## The problem
Could you copy all of the records below exactly as they appear?
### Data
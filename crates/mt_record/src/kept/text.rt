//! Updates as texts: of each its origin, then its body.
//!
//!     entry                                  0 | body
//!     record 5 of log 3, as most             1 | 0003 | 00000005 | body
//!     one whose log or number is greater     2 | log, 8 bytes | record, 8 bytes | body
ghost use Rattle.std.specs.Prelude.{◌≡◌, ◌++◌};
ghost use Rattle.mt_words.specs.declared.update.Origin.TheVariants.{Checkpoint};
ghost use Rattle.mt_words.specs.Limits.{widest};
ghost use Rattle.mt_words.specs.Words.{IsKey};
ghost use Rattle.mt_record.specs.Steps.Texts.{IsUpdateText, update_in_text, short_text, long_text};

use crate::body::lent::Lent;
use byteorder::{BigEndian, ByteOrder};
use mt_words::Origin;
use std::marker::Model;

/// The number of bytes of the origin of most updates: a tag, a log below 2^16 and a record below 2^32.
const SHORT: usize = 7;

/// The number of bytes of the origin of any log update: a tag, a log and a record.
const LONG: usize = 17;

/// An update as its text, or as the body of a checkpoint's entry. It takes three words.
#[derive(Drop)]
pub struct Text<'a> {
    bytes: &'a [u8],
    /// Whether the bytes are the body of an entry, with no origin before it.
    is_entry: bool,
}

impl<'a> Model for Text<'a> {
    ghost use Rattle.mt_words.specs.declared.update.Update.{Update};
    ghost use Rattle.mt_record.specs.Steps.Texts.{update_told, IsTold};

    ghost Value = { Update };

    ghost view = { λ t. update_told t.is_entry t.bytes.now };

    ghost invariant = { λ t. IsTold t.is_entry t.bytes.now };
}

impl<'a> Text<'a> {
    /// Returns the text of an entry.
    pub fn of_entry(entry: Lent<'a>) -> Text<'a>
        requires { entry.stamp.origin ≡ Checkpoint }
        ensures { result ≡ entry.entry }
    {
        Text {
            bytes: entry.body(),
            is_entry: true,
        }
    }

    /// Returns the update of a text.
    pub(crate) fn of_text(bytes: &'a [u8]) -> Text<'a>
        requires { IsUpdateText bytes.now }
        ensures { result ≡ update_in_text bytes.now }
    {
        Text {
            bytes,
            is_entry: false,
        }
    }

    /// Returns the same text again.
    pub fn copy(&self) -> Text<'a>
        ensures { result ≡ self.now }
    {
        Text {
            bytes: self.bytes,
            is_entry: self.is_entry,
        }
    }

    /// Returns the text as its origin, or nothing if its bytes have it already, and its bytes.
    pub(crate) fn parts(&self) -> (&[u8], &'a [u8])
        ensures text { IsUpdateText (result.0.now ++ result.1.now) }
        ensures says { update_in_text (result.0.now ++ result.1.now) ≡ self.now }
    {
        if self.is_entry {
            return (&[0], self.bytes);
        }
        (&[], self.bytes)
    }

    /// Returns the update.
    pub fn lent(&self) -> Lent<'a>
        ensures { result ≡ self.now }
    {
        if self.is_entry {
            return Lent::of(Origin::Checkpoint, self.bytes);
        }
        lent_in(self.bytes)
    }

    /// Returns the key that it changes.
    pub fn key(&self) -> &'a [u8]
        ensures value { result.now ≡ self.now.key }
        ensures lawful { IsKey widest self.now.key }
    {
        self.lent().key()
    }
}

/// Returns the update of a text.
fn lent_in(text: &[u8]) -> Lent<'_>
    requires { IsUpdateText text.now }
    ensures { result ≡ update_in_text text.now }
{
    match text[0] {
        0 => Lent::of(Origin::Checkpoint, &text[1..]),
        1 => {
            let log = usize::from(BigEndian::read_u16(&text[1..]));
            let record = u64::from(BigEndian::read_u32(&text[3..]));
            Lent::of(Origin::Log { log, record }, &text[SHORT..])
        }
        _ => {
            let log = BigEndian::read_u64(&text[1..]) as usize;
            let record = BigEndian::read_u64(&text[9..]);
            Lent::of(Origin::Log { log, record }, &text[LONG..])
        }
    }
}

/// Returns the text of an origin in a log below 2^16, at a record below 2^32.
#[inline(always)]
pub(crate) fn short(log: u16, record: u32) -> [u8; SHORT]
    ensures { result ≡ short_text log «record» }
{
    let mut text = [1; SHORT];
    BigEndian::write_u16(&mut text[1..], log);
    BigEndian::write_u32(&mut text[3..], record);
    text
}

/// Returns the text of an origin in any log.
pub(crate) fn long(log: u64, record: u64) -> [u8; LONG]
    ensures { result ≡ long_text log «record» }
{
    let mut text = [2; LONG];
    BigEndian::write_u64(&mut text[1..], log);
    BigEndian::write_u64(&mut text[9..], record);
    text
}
######
## Answer box
filename crates/mt_record/src/kept/text.rt
//! Updates as texts: of each its origin, then its body.
//!
//!     entry                                  0 | body
//!     record 5 of log 3, as most             1 | 0003 | 00000005 | body
//!     one whose log or number is greater     2 | log, 8 bytes | record, 8 bytes | body
ghost use Rattle.std.specs.Prelude.{◌≡◌, ◌++◌};
ghost use Rattle.mt_words.specs.declared.update.Origin.TheVariants.{Checkpoint};
ghost use Rattle.mt_words.specs.Limits.{widest};
ghost use Rattle.mt_words.specs.Words.{IsKey};
ghost use Rattle.mt_record.specs.Steps.Texts.{IsUpdateText, update_in_text, short_text, long_text};

use crate::body::lent::Lent;
use byteorder::{BigEndian, ByteOrder};
use mt_words::Origin;
use std::marker::Model;

/// The number of bytes of the origin of most updates: a tag, a log below 2^16 and a record below 2^32.
const SHORT: usize = 7;

/// The number of bytes of the origin of any log update: a tag, a log and a record.
const LONG: usize = 17;

/// An update as its text, or as the body of a checkpoint's entry. It takes three words.
#[derive(Drop)]
pub struct Text<'a> {
    bytes: &'a [u8],
    /// Whether the bytes are the body of an entry, with no origin before it.
    is_entry: bool,
}

impl<'a> Model for Text<'a> {
    ghost use Rattle.mt_words.specs.declared.update.Update.{Update};
    ghost use Rattle.mt_record.specs.Steps.Texts.{update_told, IsTold};

    ghost Value = { Update };

    ghost view = { λ t. update_told t.is_entry t.bytes.now };

    ghost invariant = { λ t. IsTold t.is_entry t.bytes.now };
}

impl<'a> Text<'a> {
    /// Returns the text of an entry.
    pub fn of_entry(entry: Lent<'a>) -> Text<'a>
        requires { entry.stamp.origin ≡ Checkpoint }
        ensures { result ≡ entry.entry }
    {
        Text {
            bytes: entry.body(),
            is_entry: true,
        }
    }

    /// Returns the update of a text.
    pub(crate) fn of_text(bytes: &'a [u8]) -> Text<'a>
        requires { IsUpdateText bytes.now }
        ensures { result ≡ update_in_text bytes.now }
    {
        Text {
            bytes,
            is_entry: false,
        }
    }

    /// Returns the same text again.
    pub fn copy(&self) -> Text<'a>
        ensures { result ≡ self.now }
    {
        Text {
            bytes: self.bytes,
            is_entry: self.is_entry,
        }
    }

    /// Returns the text as its origin, or nothing if its bytes have it already, and its bytes.
    pub(crate) fn parts(&self) -> (&[u8], &'a [u8])
        ensures text { IsUpdateText (result.0.now ++ result.1.now) }
        ensures says { update_in_text (result.0.now ++ result.1.now) ≡ self.now }
    {
        if self.is_entry {
            return (&[0], self.bytes);
        }
        (&[], self.bytes)
    }

    /// Returns the update.
    pub fn lent(&self) -> Lent<'a>
        ensures { result ≡ self.now }
    {
        if self.is_entry {
            return Lent::of(Origin::Checkpoint, self.bytes);
        }
        lent_in(self.bytes)
    }

    /// Returns the key that it changes.
    pub fn key(&self) -> &'a [u8]
        ensures value { result.now ≡ self.now.key }
        ensures lawful { IsKey widest self.now.key }
    {
        self.lent().key()
    }
}

/// Returns the update of a text.
fn lent_in(text: &[u8]) -> Lent<'_>
    requires { IsUpdateText text.now }
    ensures { result ≡ update_in_text text.now }
{
    match text[0] {
        0 => Lent::of(Origin::Checkpoint, &text[1..]),
        1 => {
            let log = usize::from(BigEndian::read_u16(&text[1..]));
            let record = u64::from(BigEndian::read_u32(&text[3..]));
            Lent::of(Origin::Log { log, record }, &text[SHORT..])
        }
        _ => {
            let log = BigEndian::read_u64(&text[1..]) as usize;
            let record = BigEndian::read_u64(&text[9..]);
            Lent::of(Origin::Log { log, record }, &text[LONG..])
        }
    }
}

/// Returns the text of an origin in a log below 2^16, at a record below 2^32.
#[inline(always)]
pub(crate) fn short(log: u16, record: u32) -> [u8; SHORT]
    ensures { result ≡ short_text log «record» }
{
    let mut text = [1; SHORT];
    BigEndian::write_u16(&mut text[1..], log);
    BigEndian::write_u32(&mut text[3..], record);
    text
}

/// Returns the text of an origin in any log.
pub(crate) fn long(log: u64, record: u64) -> [u8; LONG]
    ensures { result ≡ long_text log «record» }
{
    let mut text = [2; LONG];
    BigEndian::write_u64(&mut text[1..], log);
    BigEndian::write_u64(&mut text[9..], record);
    text
}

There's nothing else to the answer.